* _WHAT YOU WILL DO_
Word for word, set down every line of the entries below from the line with "repository 47866adef0a9ddcd" to the line with "use crate::asked::Asked;", including both, and no other line.
Top of RECORD EXTRACTS
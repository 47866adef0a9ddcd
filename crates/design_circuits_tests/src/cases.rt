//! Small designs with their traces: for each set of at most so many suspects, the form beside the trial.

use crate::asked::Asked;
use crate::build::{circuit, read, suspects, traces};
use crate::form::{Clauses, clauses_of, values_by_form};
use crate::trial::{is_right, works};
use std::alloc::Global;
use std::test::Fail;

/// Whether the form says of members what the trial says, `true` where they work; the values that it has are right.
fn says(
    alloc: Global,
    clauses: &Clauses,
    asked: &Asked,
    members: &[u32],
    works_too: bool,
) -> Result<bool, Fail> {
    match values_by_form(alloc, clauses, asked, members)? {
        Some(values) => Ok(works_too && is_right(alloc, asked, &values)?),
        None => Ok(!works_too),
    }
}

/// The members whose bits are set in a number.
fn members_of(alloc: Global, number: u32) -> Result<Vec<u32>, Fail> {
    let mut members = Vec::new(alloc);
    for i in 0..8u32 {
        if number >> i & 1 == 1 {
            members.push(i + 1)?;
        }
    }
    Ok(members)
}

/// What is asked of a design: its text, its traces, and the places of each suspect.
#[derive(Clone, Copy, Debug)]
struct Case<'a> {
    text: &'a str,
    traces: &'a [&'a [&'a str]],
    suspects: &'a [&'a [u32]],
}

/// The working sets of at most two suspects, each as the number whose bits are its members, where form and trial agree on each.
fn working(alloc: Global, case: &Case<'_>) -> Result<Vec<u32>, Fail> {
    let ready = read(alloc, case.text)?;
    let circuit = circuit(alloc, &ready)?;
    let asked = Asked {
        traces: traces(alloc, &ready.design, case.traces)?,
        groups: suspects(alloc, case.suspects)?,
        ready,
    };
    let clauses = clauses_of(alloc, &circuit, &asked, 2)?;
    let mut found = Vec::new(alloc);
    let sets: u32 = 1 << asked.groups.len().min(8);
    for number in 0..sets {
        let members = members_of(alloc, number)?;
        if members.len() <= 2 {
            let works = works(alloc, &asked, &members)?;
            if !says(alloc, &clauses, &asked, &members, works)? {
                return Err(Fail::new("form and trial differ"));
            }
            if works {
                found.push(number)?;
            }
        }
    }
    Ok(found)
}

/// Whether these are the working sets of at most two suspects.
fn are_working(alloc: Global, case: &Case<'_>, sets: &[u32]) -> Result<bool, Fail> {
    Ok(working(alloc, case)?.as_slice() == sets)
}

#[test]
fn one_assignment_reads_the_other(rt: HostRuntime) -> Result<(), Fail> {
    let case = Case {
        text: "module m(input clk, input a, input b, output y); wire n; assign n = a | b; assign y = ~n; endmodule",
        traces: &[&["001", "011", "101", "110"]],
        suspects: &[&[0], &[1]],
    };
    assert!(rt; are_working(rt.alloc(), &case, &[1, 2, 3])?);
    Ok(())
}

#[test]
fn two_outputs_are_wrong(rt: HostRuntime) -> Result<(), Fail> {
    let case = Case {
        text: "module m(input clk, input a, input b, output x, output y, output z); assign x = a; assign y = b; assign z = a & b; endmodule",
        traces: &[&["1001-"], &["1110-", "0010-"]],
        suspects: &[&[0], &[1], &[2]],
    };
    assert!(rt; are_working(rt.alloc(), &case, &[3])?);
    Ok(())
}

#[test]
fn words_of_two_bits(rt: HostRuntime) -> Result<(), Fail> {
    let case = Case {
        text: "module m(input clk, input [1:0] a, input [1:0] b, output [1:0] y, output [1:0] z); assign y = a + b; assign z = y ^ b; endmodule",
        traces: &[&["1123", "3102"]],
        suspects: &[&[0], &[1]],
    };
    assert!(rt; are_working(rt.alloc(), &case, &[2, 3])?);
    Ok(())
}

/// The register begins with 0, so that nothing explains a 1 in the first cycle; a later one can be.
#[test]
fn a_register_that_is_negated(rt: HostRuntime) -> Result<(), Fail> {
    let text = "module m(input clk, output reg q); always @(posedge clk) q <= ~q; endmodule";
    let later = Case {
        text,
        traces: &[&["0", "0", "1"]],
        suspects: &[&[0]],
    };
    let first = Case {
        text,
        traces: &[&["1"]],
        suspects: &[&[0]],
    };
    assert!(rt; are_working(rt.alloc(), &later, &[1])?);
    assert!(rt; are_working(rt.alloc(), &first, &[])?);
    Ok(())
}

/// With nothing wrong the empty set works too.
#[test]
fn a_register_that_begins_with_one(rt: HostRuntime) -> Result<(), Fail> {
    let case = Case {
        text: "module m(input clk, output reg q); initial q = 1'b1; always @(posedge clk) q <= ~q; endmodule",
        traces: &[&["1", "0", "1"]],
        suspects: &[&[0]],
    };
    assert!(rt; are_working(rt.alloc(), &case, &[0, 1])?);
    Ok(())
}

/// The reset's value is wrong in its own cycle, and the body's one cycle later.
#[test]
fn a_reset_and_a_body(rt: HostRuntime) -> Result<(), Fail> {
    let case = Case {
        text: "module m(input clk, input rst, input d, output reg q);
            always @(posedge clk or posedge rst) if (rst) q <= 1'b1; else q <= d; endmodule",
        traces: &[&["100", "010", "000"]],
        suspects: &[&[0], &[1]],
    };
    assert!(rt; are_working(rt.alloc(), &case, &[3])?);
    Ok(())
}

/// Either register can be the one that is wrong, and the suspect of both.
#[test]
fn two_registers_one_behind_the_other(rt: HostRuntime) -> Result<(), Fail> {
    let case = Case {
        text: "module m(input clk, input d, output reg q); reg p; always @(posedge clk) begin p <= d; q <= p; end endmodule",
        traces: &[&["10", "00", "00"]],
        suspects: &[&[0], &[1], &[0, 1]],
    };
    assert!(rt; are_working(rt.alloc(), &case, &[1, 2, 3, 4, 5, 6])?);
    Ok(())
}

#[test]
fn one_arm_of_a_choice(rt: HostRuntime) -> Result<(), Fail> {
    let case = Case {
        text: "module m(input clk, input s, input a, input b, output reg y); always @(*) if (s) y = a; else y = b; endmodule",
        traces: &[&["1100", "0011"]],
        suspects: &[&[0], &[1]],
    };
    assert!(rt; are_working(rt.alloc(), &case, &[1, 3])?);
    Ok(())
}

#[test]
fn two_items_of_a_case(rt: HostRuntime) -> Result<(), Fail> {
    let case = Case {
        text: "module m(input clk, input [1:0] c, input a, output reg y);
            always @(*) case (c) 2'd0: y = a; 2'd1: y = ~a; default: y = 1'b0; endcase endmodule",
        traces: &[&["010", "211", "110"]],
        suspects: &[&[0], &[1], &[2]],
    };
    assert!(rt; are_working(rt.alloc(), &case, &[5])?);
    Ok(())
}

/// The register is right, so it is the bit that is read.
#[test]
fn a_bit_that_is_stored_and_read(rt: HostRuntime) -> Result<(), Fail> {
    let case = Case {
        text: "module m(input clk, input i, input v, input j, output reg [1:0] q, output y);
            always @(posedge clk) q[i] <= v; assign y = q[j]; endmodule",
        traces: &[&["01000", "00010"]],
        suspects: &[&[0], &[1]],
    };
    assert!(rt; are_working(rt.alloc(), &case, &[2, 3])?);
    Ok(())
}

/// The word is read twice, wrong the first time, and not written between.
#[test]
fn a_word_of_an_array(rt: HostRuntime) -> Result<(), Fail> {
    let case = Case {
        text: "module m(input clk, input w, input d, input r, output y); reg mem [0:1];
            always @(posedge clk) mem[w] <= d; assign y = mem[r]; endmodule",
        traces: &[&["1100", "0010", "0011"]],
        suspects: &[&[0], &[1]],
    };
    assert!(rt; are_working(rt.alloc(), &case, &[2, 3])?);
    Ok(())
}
Bottom of RECORD EXTRACTS
Top of RECORD EXTRACTS
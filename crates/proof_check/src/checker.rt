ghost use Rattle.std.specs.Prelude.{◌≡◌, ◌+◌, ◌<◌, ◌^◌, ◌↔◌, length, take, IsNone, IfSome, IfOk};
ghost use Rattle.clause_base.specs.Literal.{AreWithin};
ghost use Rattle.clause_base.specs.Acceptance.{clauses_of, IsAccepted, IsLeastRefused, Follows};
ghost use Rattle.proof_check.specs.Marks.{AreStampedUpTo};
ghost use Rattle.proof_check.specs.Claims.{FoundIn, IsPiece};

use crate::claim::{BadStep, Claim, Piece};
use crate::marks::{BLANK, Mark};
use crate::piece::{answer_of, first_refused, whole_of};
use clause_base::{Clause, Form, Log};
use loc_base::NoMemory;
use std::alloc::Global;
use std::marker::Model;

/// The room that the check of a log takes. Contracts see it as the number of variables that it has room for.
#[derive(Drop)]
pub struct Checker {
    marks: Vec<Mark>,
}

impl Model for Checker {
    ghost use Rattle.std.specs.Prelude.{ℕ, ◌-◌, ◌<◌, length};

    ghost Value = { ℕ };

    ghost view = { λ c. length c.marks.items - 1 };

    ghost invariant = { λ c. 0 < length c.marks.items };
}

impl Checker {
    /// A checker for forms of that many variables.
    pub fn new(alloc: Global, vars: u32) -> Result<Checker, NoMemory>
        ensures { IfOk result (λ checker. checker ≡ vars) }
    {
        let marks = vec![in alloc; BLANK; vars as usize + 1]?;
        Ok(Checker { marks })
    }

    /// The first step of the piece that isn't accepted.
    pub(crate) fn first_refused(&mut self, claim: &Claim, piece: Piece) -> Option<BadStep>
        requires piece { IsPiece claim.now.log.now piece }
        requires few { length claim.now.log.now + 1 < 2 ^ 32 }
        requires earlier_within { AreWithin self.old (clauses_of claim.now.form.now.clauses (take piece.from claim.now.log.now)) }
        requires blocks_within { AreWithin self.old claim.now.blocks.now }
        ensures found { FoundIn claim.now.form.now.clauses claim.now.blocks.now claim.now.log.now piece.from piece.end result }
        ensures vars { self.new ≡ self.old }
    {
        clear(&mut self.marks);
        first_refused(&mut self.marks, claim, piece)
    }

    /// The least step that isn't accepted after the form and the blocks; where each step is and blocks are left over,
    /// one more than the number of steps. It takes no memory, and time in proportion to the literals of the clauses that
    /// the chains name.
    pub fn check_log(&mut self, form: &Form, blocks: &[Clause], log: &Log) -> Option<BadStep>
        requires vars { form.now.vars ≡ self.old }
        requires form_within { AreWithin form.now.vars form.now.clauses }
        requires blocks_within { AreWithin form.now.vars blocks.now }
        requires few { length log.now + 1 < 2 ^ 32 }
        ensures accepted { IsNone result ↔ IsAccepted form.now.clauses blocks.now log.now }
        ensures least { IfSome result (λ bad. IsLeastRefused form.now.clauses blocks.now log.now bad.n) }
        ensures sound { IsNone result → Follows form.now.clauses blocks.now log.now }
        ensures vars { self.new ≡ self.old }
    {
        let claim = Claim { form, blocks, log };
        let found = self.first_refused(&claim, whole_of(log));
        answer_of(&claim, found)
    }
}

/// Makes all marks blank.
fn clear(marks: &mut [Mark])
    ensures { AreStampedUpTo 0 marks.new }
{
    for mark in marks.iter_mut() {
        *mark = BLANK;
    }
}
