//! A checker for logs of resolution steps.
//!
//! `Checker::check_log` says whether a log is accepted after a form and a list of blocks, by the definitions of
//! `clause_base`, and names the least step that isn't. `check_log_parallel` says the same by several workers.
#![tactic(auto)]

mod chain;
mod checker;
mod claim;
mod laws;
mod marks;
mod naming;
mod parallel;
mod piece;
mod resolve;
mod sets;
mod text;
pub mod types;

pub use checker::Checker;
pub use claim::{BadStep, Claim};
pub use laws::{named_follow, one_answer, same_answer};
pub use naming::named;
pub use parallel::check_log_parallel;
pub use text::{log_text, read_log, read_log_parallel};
Bottom of RECORD EXTRACTS
* _REPLY TO THE EXERCISE_
repository 47866adef0a9ddcd
filename crates/design_circuits_tests/src/cases.rt
//! Small designs with their traces: for each set of at most so many suspects, the form beside the trial.

use crate::asked::Asked;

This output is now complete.